Marisa Feffermann, articuladora da Rede de Proteção e Resistência contra o Genocídio, afirmou que é como se o estado tivesse ficado sem Ouvidoria durante o mandato do atual ouvidor. A entidade atua nas periferias observando violações de direitos humanos.

Ela relata que vários movimentos se reuniram com Lopes no começo de seu mandato, mas que a relação não evoluiu. "Quando a gente solicitava [atendimento da ouvidoria], imediatamente a gente tinha um retorno, era respondido. Nesta gestão, isso não aconteceu", diz.

De acordo com ela, o movimento passou a deixar de levar casos à ouvidoria, repassando-os diretamente ao Ministério Público. "A gente já tem muita coisa contra a periferia. É importante que a periferia tenha um ouvidor que saiba o lado da população".

O deputado estadual Douglas Garcia, aliado do presidente Jair Bolsonaro, pediu a anulação da eleição. "Há diferença de votos que coloca em xeque a lisura da eleição", escreveu em sua rede social.

Ainda cabe recurso da votação. Para que o processo seja concluído, é preciso fazer uma retificação no placar da votação registrado no Diário Oficial, em que Lopes apareceu com oito votos.

Sobre a retificação, a Secretaria de Estado da Justiça e Cidadania afirmou que recebeu uma representação e no momento faz a análise do pedido.

Questionado sobre o assunto, o ouvidor Lopes disse que permanecerá no cargo até a nomeação do novo ouvidor. "Sobre o processo eleitoral da lista tríplice conduzido pelo Condepe, não é possível opinar, na medida em que ainda está em curso", disse.

Segundo sua assessoria, por ora, ele também não se manifestaria sobre críticas de entidades a sua gestão.

Procurado, o governo João Doria disse que o mandato do ouvidor é até fevereiro de 2022. "O estado ainda não recebeu a lista tríplice, que será analisada oportunamente."

Em 2020, quando foi escolhido por Doria, o nome de Lopes, terceiro colocado na lista tríplice, surpreendeu.

Na ocasião, segundo pessoas ligadas a ele, teria ouvido um pedido do Palácio dos Bandeirantes para não fazer prejulgamentos.

A eleição refletiu o bom trânsito de Lopes entre diversas forças políticas. Desde a adolescência, ele tem atuado mais nos bastidores políticos do que, propriamente, na liderança de movimentos —incluindo o estudantil, do qual participou em Mogi das Cruzes (SP) ainda jovem. É considerado um bom articulador.

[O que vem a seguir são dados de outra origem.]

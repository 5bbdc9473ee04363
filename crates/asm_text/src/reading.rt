ghost use Rattle.std.specs.Prelude.{◌≡◌, IfOk};
ghost use Rattle.asm_text.specs.Texts as want;

use crate::assembler::Assembler;
use asm_lines::AsmWhy;
use std::alloc::{AllocError, Global};

/// A line that is refused, by its number, which counts from 1.
#[derive(Clone, Copy, Debug, PartialEq, Eq)]
pub struct BadLine {
    pub line: u32,
    pub why: AsmWhy,
}

/// What was known when reading ended, and the line that ended it, if one was refused.
#[derive(Drop)]
pub struct Reading<'a> {
    pub known: Assembler<'a>,
    pub bad: Option<BadLine>,
}

/// Reads the lines of a text, up to the first that is refused. Branches that are filled in are judged
/// later, when all labels are known.
#[tactic(auto, unfolding(crate::specs::Texts::reading))]
pub fn read_text(alloc: Global, text: &[u8]) -> Result<Reading<'_>, AllocError>
    ensures { IfOk result (λ r. want.reading text.now ≡ (r.known, r.bad)) }
{
    let mut known = Assembler::new(alloc);
    let bad = known.read_lines(text)?;
    Ok(Reading { known, bad })
}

Apesar das origens no PCdoB, no qual permaneceu até 2019, Lopes tem bom trâmite em outras legendas, inclusive no PSDB. Exemplo disso foi a nomeação para trabalhar na prefeitura de Doria, logo depois de deixar cargo na gestão Fernando Haddad (PT).

Na gestão petista, foi secretário-adjunto da Secretaria de Promoção da Igualdade Racial e foi trabalhar como assessor na Secretaria dos Transportes na administração tucana.

Recentemente, Lopes foi homenageado durante a entrega do Troféu Raça Negra.